Rulings Issued in IAI Fund Directors Case

Five independent fund trustees have won a small victory in a lawsuit originally filed against them as well as Investment Adviser's, Inc., the mutual fund adviser in Minneapolis, Minn., and the IAI Value Fund. Investment Adviser's is a subsidiary of Lloyds TSB of London.

On Oct. 7, Minnesota U.S. District Court Judge Donovan W. Frank dismissed one count of the lawsuit filed this past December against the trustees of the IAI Value Fund. The suit, originally filed by David S. Lo and Lih-Lih C. Lo and former IAI shareholders, charged the fund adviser with securities fraud and the fund's independent trustees with breaching their fiduciary obligation (MFMN, 2/22/99.)

The suit alleged that the fund adviser and its board of directors provided inadequate disclosure regarding the restricted securities held by the fund and misrepresented the method the fund employed to price those securities. It also charged that the fund adviser artificially depressed the price of the IAI Value Fund by not properly valuing a particular portfolio security.

The suit held the fund trustees and one former fund executive liable for producing fund documents that allegedly misled investors as to the nature of privately-held securities purchased for the IAI Value Fund. But Judge Frank dismissed that charge against the trustees and the executive, ruling that the plaintiffs failed to provide a direct link between statements offered in the fund's prospectus and individual statements made by the fund's trustees or executive.

In another small victory for IAI Ventures, Judge Frank dismissed the venture capital arm of IAI entirely as a defendant in the lawsuit.

But the judge dealt a blow to the fund adviser as well as the fund's trustees regarding several other charges alleging misdeeds and securities fraud by allowing the lawsuit to progress.

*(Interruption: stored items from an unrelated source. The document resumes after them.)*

//! A device over a file.
use crate::assertions::assert_same;
use crate::devices::numbered_pages::{assert_page, page_of};
use crate::devices::short_files::ShortFile;
use crate::devices::steps::{add, assert_both, assert_read_fails, assert_written, write};
use oai_device::{DeviceFault, FileDevice, PAGE_BYTES, PageDevice};
use oai_pool::{PageKind, PagePool, Pool, PoolFault};
use std::fs;
use std::fs::{File, OpenOptions};
use std::io::ErrorKind;
use std::os::unix::fs::FileExt;
use std::panic::Expect;
use std::process::Abort;
use std::rt::Files;
use tests_devices::ByteFile;

/// An empty file of that name, where the test runs, open to be read and written.
pub(crate) fn empty_file<R: Files<File = File> + Abort>(rt: &R, path: &str) -> File {
    OpenOptions::new()
        .read(true)
        .write(true)
        .create(true)
        .truncate(true)
        .open(rt, path)
        .expect(rt, "open")
}

/// At that byte of the file stands the page of `number`, for whoever reads it.
fn assert_stands<R: Files<File = File> + Abort>(rt: &R, path: &str, byte: u64, number: u16) {
    let mut page = [0; PAGE_BYTES];
    let file = File::open(rt, path).expect(rt, "open");
    file.read_exact_at(&mut page, byte)
        .expect(rt, "read_exact_at");
    assert_page(rt, &page, number);
}

/// Writes the page of `number` at that byte of the file, past its device.
fn put<R: Files<File = File> + Abort>(rt: &R, path: &str, byte: u64, number: u16) {
    let file = OpenOptions::new()
        .write(true)
        .open(rt, path)
        .expect(rt, "open");
    file.write_all_at(&page_of(number), byte)
        .expect(rt, "write_all_at");
}

/// Leaves so many bytes of the file.
pub(crate) fn cut<R: Files<File = File> + Abort>(rt: &R, path: &str, bytes: u64) {
    let file = OpenOptions::new()
        .write(true)
        .open(rt, path)
        .expect(rt, "open");
    file.set_len(bytes).expect(rt, "set_len");
}

/// Page n stands at byte n times 16,384; and a file that is cut from outside fails its reads.
#[test]
fn file_device(rt: HostRuntime) {
    let path = "file-device.pages";
    let mut device = FileDevice::new(empty_file(&rt, path));
    write(&rt, &mut device, 2, 3);
    assert_written(&rt, &mut device, 2, 3);
    write(&rt, &mut device, 0, 1);
    assert_stands(&rt, path, 0, 1);
    assert_stands(&rt, path, 32_768, 3);
    assert_same(&rt, device.faults(), 0);
    cut(&rt, path, 100);
    assert_read_fails(&rt, &mut device, 0);
    assert_same(&rt, device.faults(), 1);
    fs::remove_file(&rt, path).expect(&rt, "fs::remove_file");
}

/// A file that can't be written fails its writes.
#[test]
fn file_that_is_only_read(rt: HostRuntime) {
    let path = "file-only-read.pages";
    fs::write(&rt, path, b"".as_slice()).expect(&rt, "fs::write");
    let mut device = FileDevice::new(File::open(&rt, path).expect(&rt, "open"));
    assert_same(&rt, device.write(0, &page_of(1)), Err(DeviceFault::Failed));
    assert_same(&rt, device.write(0, &page_of(1)), Err(DeviceFault::Failed));
    assert_same(&rt, device.faults(), 2);
    fs::remove_file(&rt, path).expect(&rt, "fs::remove_file");
}

/// Pages past the first 4 GiB of a sparse file stand at their place, and are read from there, in whole calls.
#[test]
fn sparse_file(rt: HostRuntime) {
    let path = "file-sparse.pages";
    let mut device = FileDevice::new(empty_file(&rt, path));
    write(&rt, &mut device, 1, 1);
    write(&rt, &mut device, 262_145, 2);
    assert_stands(&rt, path, 16_384, 1);
    assert_stands(&rt, path, 4_294_983_680, 2);
    put(&rt, path, 4_294_983_680, 3);
    assert_written(&rt, &mut device, 262_145, 3);
    assert_written(&rt, &mut device, 1, 1);
    fs::remove_file(&rt, path).expect(&rt, "fs::remove_file");
}

/// The same of a file whose calls come short, of which one is interrupted.
#[test]
fn sparse_file_in_parts(rt: HostRuntime) {
    let path = "file-in-parts.pages";
    let file = ShortFile::new(empty_file(&rt, path), 5_000, 2, ErrorKind::Interrupted);
    let mut device = FileDevice::new(file);
    write(&rt, &mut device, 1, 1);
    write(&rt, &mut device, 300_000, 2);
    assert_stands(&rt, path, 16_384, 1);
    assert_stands(&rt, path, 4_915_200_000, 2);
    put(&rt, path, 4_915_200_000, 3);
    assert_written(&rt, &mut device, 300_000, 3);
    assert_same(&rt, device.faults(), 0);
    fs::remove_file(&rt, path).expect(&rt, "fs::remove_file");
}

/// Pages are whole over a file that reads and writes one byte a call.
#[test]
fn file_of_single_bytes(rt: HostRuntime) {
    let mut device = FileDevice::new(ByteFile::new(rt.alloc(), None));
    write(&rt, &mut device, 4_294_967_294, 1);
    write(&rt, &mut device, 0, 2);
    assert_written(&rt, &mut device, 4_294_967_294, 1);
    assert_written(&rt, &mut device, 0, 2);
    assert_same(&rt, device.faults(), 0);
}

/// A read that finds the end of the file before the end of its page fails, and a later page is read.
#[test]
fn file_that_ends_early(rt: HostRuntime) {
    let mut device = FileDevice::new(ByteFile::new(rt.alloc(), Some(16_383)));
    write(&rt, &mut device, 0, 1);
    write(&rt, &mut device, 1, 2);
    assert_read_fails(&rt, &mut device, 0);
    assert_same(&rt, device.faults(), 1);
    assert_written(&rt, &mut device, 1, 2);
}

/// A write of which a later call fails has failed, and so has such a read.
#[test]
fn file_that_fails(rt: HostRuntime) {
    let alloc = rt.alloc();
    let cause = ErrorKind::PermissionDenied;
    let file = ShortFile::new(ByteFile::new(alloc, None), 1, 16_384, cause);
    let mut device = FileDevice::new(file);
    assert_same(&rt, device.write(0, &page_of(1)), Err(DeviceFault::Failed));
    write(&rt, &mut device, 0, 2);
    assert_written(&rt, &mut device, 0, 2);
    assert_same(&rt, device.faults(), 1);
    let file = ShortFile::new(ByteFile::new(alloc, None), 1, 32_768, cause);
    let mut device = FileDevice::new(file);
    write(&rt, &mut device, 0, 1);
    assert_read_fails(&rt, &mut device, 0);
    assert_same(&rt, device.faults(), 1);
}

/// A pool over a file: pages that are not cached come from it, and where it is cut the read fails.
#[test]
fn pool_over_a_file(rt: HostRuntime) {
    let path = "pool-over-a-file.pages";
    let device = FileDevice::new(empty_file(&rt, path));
    let mut pool = Pool::new(rt.alloc(), device, 1).expect(&rt, "Pool::new");
    let first = add(&rt, &mut pool, 1);
    let second = add(&rt, &mut pool, 2);
    assert_both(&rt, &mut pool, (first, 1), (second, 2));
    cut(&rt, path, 100);
    assert_same(
        &rt,
        pool.read(first, PageKind::Bytes).err(),
        Some(PoolFault::Device),
    );
    assert_same(&rt, (pool.used(), pool.device().faults()), (2, 1));
    fs::remove_file(&rt, path).expect(&rt, "fs::remove_file");
}
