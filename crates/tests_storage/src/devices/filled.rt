//! Pools of many pages, each under its own number.
ghost use Rattle.std.specs.Prelude.{◌≡◌, ◌<◌, ℕ};
ghost use Rattle.oai_pool.specs.Counts.{count_of};

use crate::devices::numbered_pages::assert_page;
use crate::devices::steps::add;
use oai_pool::{PageKind, PagePool};
use std::panic::Expect;
use std::process::Abort;

/// Adds so many pages to an empty pool: under each number its own page.
pub(crate) fn fill<P: PagePool>(rt: &impl Abort, pool: &mut P, pages: u16)
    ensures { (n : ℕ) → n < pages → 0 < count_of (P.counts pool.new) n }
{
    for number in 0..pages {
        let no = add(rt, pool, number);
        assert!(rt; no == u32::from(number));
    }
}

/// Reads so many pages: under each number its own page.
pub(crate) fn assert_filled<P: PagePool>(rt: &impl Abort, pool: &mut P, pages: u16)
    requires { (n : ℕ) → n < pages → 0 < count_of (P.counts pool.old) n }
    ensures { P.counts pool.new ≡ P.counts pool.old }
{
    for number in 0..pages {
        let page = pool
            .read(u32::from(number), PageKind::Bytes)
            .expect(rt, "read");
        assert_page(rt, &page, number);
    }
}
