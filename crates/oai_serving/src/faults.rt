use thiserror::Error;

/// Why a server ended.
#[derive(Clone, Copy, Debug, PartialEq, Eq, Error)]
pub enum ServeFault {
    /// It could not wait for readiness.
    #[error("the sockets could not be waited for")]
    Wait,
    /// The clock could not be read.
    #[error("the clock could not be read")]
    Clock,
    /// What was performed could not be made durable; its answers were not written.
    #[error("what was performed could not be made durable")]
    Unsettled,
}
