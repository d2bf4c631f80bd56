//! A connection over a stream.
ghost use Rattle.std.specs.Prelude.{◌≡◌, ◌≤◌, [], true, false, drop, length};
ghost use Rattle.oai_serving.specs.Links.{IsLinkStep, IsPassedOn, IsSent, IsStill, is_able, opened};

use crate::phases::Phase;
use crate::sockets::Stream;
use oai_front::{Connection, PieceFault};
use oai_http::Handler;
use std::alloc::Global;
use std::io::{self, ErrorKind};
use std::marker::Model;

/// The maximum number of bytes of one read.
pub const READ_BYTES: usize = 65_536;

/// The maximum number of writes of one step.
const MAX_WRITES: usize = 64;

/// The maximum number of bytes that are gathered for one write.
const GATHERED_BYTES: usize = 16_384;

/// The idle timeout: seconds without a byte in either direction after which a connection is closed.
const IDLE_SECONDS: u64 = 60;

/// The message timeout: seconds after its first byte within which a message has to be complete.
const MESSAGE_SECONDS: u64 = 300;

/// The seconds for which a connection that is shut down for writing is still read (lingering close).
const CLOSING_SECONDS: u64 = 2;

/// The bytes that are read, and dropped, of a connection that is shut down for writing.
const CLOSING_BYTES: usize = 1_048_576;

/// A connection over a stream: the bytes that were taken of its output to be written together; whether a complete
/// message waits in it to be performed; and the second of the last byte in either direction, and of the start of the
/// incomplete message, on a monotonic clock.
#[derive(Drop)]
pub struct Link<S> {
    stream: S,
    connection: Connection,
    gathered: Vec<u8>,
    pending: bool,
    phase: Phase,
    readable: bool,
    writable: bool,
    ended: bool,
    heard: u64,
    begun: Option<u64>,
}

impl<S> Model for Link<S> {
    ghost use Rattle.oai_serving.specs.Links.{Link as View};

    ghost Value = { View S };

    ghost use Rattle.oai_serving.specs.Inside.{link_in};

    ghost view = { link_in };
}

impl<S: Stream> Link<S> {
    /// A connection with that number that was opened over the stream in that second.
    pub(crate) fn new(alloc: Global, number: u64, stream: S, second: u64) -> Link<S>
        ensures { result ≡ opened number stream }
    {
        Link {
            stream,
            connection: Connection::new(alloc, number),
            gathered: Vec::new(alloc),
            pending: false,
            phase: Phase::Open,
            readable: true,
            writable: true,
            ended: false,
            heard: second,
            begun: None,
        }
    }

    /// Whether output waits to be written.
    fn waits(&self) -> bool
        ensures { result ≡ false → self.now.connection.output ≡ [] }
    {
        if !self.gathered.is_empty() {
            return true;
        }
        !self.connection.output().is_empty()
    }

    /// Whether a complete message waits that may be performed: no output waits.
    fn has_message(&self) -> bool {
        self.pending && self.phase.is_open() && !self.waits()
    }

    /// Whether the stream may have input, and all complete messages were performed.
    fn may_read(&self) -> bool {
        self.readable && !self.pending
    }

    /// A read step: performs a message that waits, or else reads at most once, and performs the first message that came
    /// (backpressure: while output waits, nothing is read and nothing performed). Returns how many bytes it then holds,
    /// 0 if output waited.
    pub(crate) fn read<H: Handler>(
        &mut self,
        alloc: Global,
        handler: &mut H,
        moment: i64,
        second: u64,
        buffer: &mut [u8],
    ) -> usize
        ensures { IsLinkStep H.step S.contents S.remaining moment self.old handler.old self.new handler.new }
    {
        if self.waits() {
            return 0;
        }
        self.take_turn(alloc, handler, moment, second, buffer);
        self.size()
    }

    /// Performs a message that waits, or else reads at most once. No output may wait.
    fn take_turn<H: Handler>(
        &mut self,
        alloc: Global,
        handler: &mut H,
        moment: i64,
        second: u64,
        buffer: &mut [u8],
    )
        requires idle { self.old.connection.output ≡ [] }
        ensures { IsLinkStep H.step S.contents S.remaining moment self.old handler.old self.new handler.new }
    {
        if self.pending {
            self.pass_on(alloc, handler, moment, &[]);
            return;
        }
        if self.readable {
            self.take_input(alloc, handler, moment, second, buffer);
        }
    }

    /// Reads once, and passes on what came. No output may wait.
    fn take_input<H: Handler>(
        &mut self,
        alloc: Global,
        handler: &mut H,
        moment: i64,
        second: u64,
        buffer: &mut [u8],
    )
        requires idle { self.old.connection.output ≡ [] }
        ensures { IsLinkStep H.step S.contents S.remaining moment self.old handler.old self.new handler.new }
    {
        match self.stream.read(buffer) {
            Ok(0) => self.phase = self.phase.at_end(),
            Ok(count) => {
                self.heard = second;
                self.readable = count == buffer.len() || self.ended;
                self.pass_on(alloc, handler, moment, &buffer[..count]);
            }
            Err(error) => self.unread(error),
        }
    }

    /// Passes the bytes that were read to the connection, if they are to be performed. No output may wait.
    fn pass_on<H: Handler>(&mut self, alloc: Global, handler: &mut H, moment: i64, bytes: &[u8])
        requires idle { self.old.connection.output ≡ [] }
        ensures { IsPassedOn H.step S.contents S.remaining moment bytes.now self.old handler.old self.new handler.new }
    {
        match self.phase {
            Phase::Open => self.hand_in(alloc, handler, moment, bytes),
            Phase::Last => {}
            Phase::Closing { since, dropped } => {
                self.phase = closing(since, dropped.saturating_add(bytes.len()));
            }
            Phase::Over => {}
        }
    }

    /// Passes the bytes to the connection, which performs the first message that they complete; out of memory, nothing
    /// more is performed. No output may wait.
    fn hand_in<H: Handler>(&mut self, alloc: Global, handler: &mut H, moment: i64, bytes: &[u8])
        requires able { self.old.able ≡ true }
        requires idle { self.old.connection.output ≡ [] }
        ensures { IsPassedOn H.step S.contents S.remaining moment bytes.now self.old handler.old self.new handler.new }
    {
        if self.connection.is_closing() {
            self.phase = Phase::Last;
            return;
        }
        match self
            .connection
            .piece_by_message(alloc, handler, moment, bytes)
        {
            Ok(()) => self.pending = false,
            Err(PieceFault::Unfinished) => self.pause(),
            Err(_) => self.phase = Phase::Last,
        }
    }

    /// After a piece of which a complete message is left: it is performed once the output is written; if there is none,
    /// memory ran out, and nothing more is performed.
    fn pause(&mut self)
        ensures { IsStill self.old self.new }
    {
        if self.waits() {
            self.pending = true;
        } else {
            self.phase = Phase::Last;
        }
    }

    /// After a read that failed: waits for readiness, tries again or is over.
    fn unread(&mut self, error: io::Error)
        ensures { IsStill self.old self.new }
    {
        match error.kind() {
            ErrorKind::WouldBlock => self.readable = self.ended,
            ErrorKind::Interrupted => {}
            _ => self.phase = Phase::Over,
        }
    }

    /// Whether output waits, and the stream may be written.
    fn may_write(&self) -> bool {
        self.writable && self.phase != Phase::Over && self.waits()
    }

    /// A write step: writes the waiting output as far as the stream takes it, and moves on to the next phase.
    pub(crate) fn put(&mut self, second: u64)
        ensures { IsSent S.contents S.remaining self.old self.new }
    {
        self.note_begun(second);
        self.write_all(second);
        self.go_on(second);
    }

    /// Writes the waiting output as far as the stream takes it.
    fn write_all(&mut self, second: u64)
        ensures { IsSent S.contents S.remaining self.old self.new }
    {
        for _ in 0..MAX_WRITES {
            if !self.may_write() {
                return;
            }
            self.write(second);
        }
    }

    /// Writes once, short outputs together.
    fn write(&mut self, second: u64)
        ensures { IsSent S.contents S.remaining self.old self.new }
    {
        self.gather();
        self.write_next(second);
    }

    /// Gathers the outputs that are short, as far as memory is available.
    fn gather(&mut self)
        ensures { self.new ≡ self.old }
    {
        for _ in 0..MAX_WRITES {
            if !self.is_short() {
                return;
            }
            self.gather_next();
        }
    }

    /// Whether there is an output that is short enough to be gathered.
    fn is_short(&self) -> bool {
        let count = self.connection.output().len();
        count > 0 && count <= GATHERED_BYTES && self.gathered.len() <= GATHERED_BYTES - count
    }

    /// Gathers the next output, if memory is available.
    fn gather_next(&mut self)
        ensures { self.new ≡ self.old }
    {
        let next = self.connection.output();
        let count = next.len();
        match self.gathered.extend_from_slice(next) {
            Ok(()) => self.connection.take(count),
            Err(_) => {}
        }
    }

    /// Writes what was gathered, or else the next output.
    fn write_next(&mut self, second: u64)
        ensures { IsSent S.contents S.remaining self.old self.new }
    {
        if is_vacant(&self.gathered) {
            match self.stream.write(self.connection.output()) {
                Ok(0) => self.phase = Phase::Over,
                Ok(count) => {
                    self.connection.take(count);
                    self.heard = second;
                }
                Err(error) => self.unwritten(error),
            }
            return;
        }
        match self.stream.write(&self.gathered) {
            Ok(0) => self.phase = Phase::Over,
            Ok(count) => {
                drop_front(&mut self.gathered, count);
                self.heard = second;
            }
            Err(error) => self.unwritten(error),
        }
    }

    /// After a write that failed: waits for readiness, tries again or is over.
    fn unwritten(&mut self, error: io::Error)
        ensures { IsStill self.old self.new }
    {
        match error.kind() {
            ErrorKind::WouldBlock => self.writable = false,
            ErrorKind::Interrupted => {}
            _ => self.phase = Phase::Over,
        }
    }

    /// Notes what became ready.
    pub(crate) fn note(&mut self, readable: bool, writable: bool, ended: bool)
        ensures { self.new ≡ self.old }
    {
        self.ended = self.ended || ended;
        self.readable = self.readable || readable || ended;
        self.writable = self.writable || writable;
    }

    /// Moves on to the next phase, in that second: once no output waits, it is shut down for writing if the connection
    /// is closed, and over if nothing more is performed; and it is over at its timeout.
    fn go_on(&mut self, second: u64)
        ensures { IsSent S.contents S.remaining self.old self.new }
    {
        if self.is_late(second) {
            self.phase = Phase::Over;
            return;
        }
        if self.waits() {
            return;
        }
        match self.phase {
            Phase::Open => self.close_after(second),
            Phase::Last => self.phase = Phase::Over,
            Phase::Closing {
                since: _,
                dropped: _,
            } => {}
            Phase::Over => {}
        }
    }

    /// Shuts the stream down for writing, if the connection is closed.
    fn close_after(&mut self, second: u64)
        ensures { IsSent S.contents S.remaining self.old self.new }
    {
        if !self.connection.is_closing() {
            return;
        }
        self.stream.finish();
        self.phase = closing(second, 0);
    }

    /// Notes when the incomplete message began: now, if output waits.
    fn note_begun(&mut self, second: u64)
        ensures { self.new ≡ self.old }
    {
        if !self.connection.has_rest() {
            self.begun = None;
            return;
        }
        if self.waits() || self.begun.is_none() {
            self.begun = Some(second);
        }
    }

    /// Whether its time is over in that second.
    fn is_late(&self, second: u64) -> bool {
        match self.phase {
            Phase::Open => self.is_idle(second),
            Phase::Last => self.is_idle(second),
            Phase::Closing { since, dropped } => {
                second.saturating_sub(since) >= CLOSING_SECONDS || dropped >= CLOSING_BYTES
            }
            Phase::Over => true,
        }
    }

    /// Whether no byte was sent or received for 60 seconds, or a message is incomplete for 300.
    fn is_idle(&self, second: u64) -> bool {
        if second.saturating_sub(self.heard) >= IDLE_SECONDS {
            return true;
        }
        match self.begun {
            Some(begun) => second.saturating_sub(begun) >= MESSAGE_SECONDS,
            None => false,
        }
    }

    /// The number of its connection.
    pub(crate) fn number(&self) -> u64
        ensures { result ≡ self.now.connection.number }
    {
        self.connection.number()
    }

    /// Its stream.
    pub(crate) fn into_stream(self) -> S
        ensures { result ≡ self.stream }
    {
        self.stream
    }

    /// Whether it has to be removed.
    pub(crate) fn is_over(&self) -> bool {
        self.phase == Phase::Over
    }

    /// Whether it has something to do without waiting.
    pub(crate) fn is_busy(&self) -> bool {
        if self.is_over() {
            return true;
        }
        if self.waits() {
            return self.writable;
        }
        self.has_message() || self.may_read()
    }

    /// The second of the last byte in either direction.
    pub(crate) fn heard(&self) -> u64 {
        self.heard
    }

    /// How many bytes it holds; saturates at `usize::MAX`.
    pub(crate) fn size(&self) -> usize {
        self.connection.size().saturating_add(self.gathered.len())
    }
}

/// Whether there are no bytes.
fn is_vacant(bytes: &Vec<u8>) -> bool
    ensures { result ≡ true → bytes.now.items ≡ [] }
{
    bytes.is_empty()
}

/// Drops the first bytes.
fn drop_front(bytes: &mut Vec<u8>, count: usize)
    requires { count ≤ length bytes.old.items }
    ensures { bytes.new.items ≡ drop count bytes.old.items }
{
    bytes.drain(..count);
}

/// It was shut down for writing in that second, and that many bytes were dropped since.
fn closing(since: u64, dropped: usize) -> Phase
    ensures { is_able result ≡ false }
{
    Phase::Closing { since, dropped }
}
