//! A device over a file in memory, which is honest by its contract.
use crate::assertions::assert_same;
use crate::devices::numbered_pages::{assert_page, page_of};
use crate::devices::steps::{add, assert_both};
use oai_device::PageDevice;
use oai_pool::{PagePool, Pool};
use std::panic::Expect;
use tests_devices::{device_in_memory, read_back};

/// A page is read as it was written, at the first number and at the last one.
#[test]
fn page_read_back(rt: HostRuntime) {
    for no in [0, 4_294_967_294] {
        let found = read_back(rt.alloc(), no, &page_of(7)).expect(&rt, "read_back");
        assert_page(&rt, &found, 7);
    }
}

/// Pages that are not in the cache of a pool come from such a file.
#[test]
fn pool_over_a_file_in_memory(rt: HostRuntime) {
    let mut pool = Pool::new(rt.alloc(), device_in_memory(rt.alloc()), 1).expect(&rt, "Pool::new");
    let first = add(&rt, &mut pool, 1);
    let second = add(&rt, &mut pool, 2);
    assert_both(&rt, &mut pool, (first, 1), (second, 2));
    assert_same(&rt, (pool.used(), pool.device().faults()), (2, 0));
}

"...the plaintiff's complaint gives rise to a strong inference that IAI and IAI Funds acted with, at a minimum, inadvertent recklessness," said Judge Frank in the Oct. 7th ruling on the defendants' motions to dismiss the case.

According to Jeff Lewin, a partner with the law firm of Sullivan, Hill, Lewin, Rez & Engel of San Diego, Calif. and attorney for the Los, the intention is to turn the case into a class-action lawsuit. Judge Frank will decide whether to allow the suit to be elevated to class-action status.

The lawsuit, which was amended this past May to include additional shareholders as plaintiffs, arose out of IAI's purchase of Pathnet, a privately-held company engaged in developing a national digital telecommunications network in Washington, D.C. Between 1995 and 1996, IAI purchased several thousand shares of Pathnet for the IAI Value Fund as well as another IAI-sponsored mutual fund, according to the suit. When Pathnet formally announced its intention to file for an initial public offering in early May, 1998, it took several days for the IAI Value Fund's net asset value to reflect that news, the suit said. Subsequently, the fund's net asset value increased 28 percent in one day, the suit charged.

But the Los, who redeemed their shares of the IAI Value Fund on two occasions prior to the fund's share price spike, charged that the fund and its board did not adhere to the daily fair market value securities pricing methodology described in several of the fund's documents. If they had, charged the lawsuit, the fund's share price would have risen more gradually based on frequently updated information, the suit charged.

The lawsuit charges that the Los did not gain the economic benefit of the fund's higher net asset value when they liquidated their shares despite the existence of a special pricing committee, a subset of the full board of directors, specifically charged with valuing illiquid securities such as Pathnet.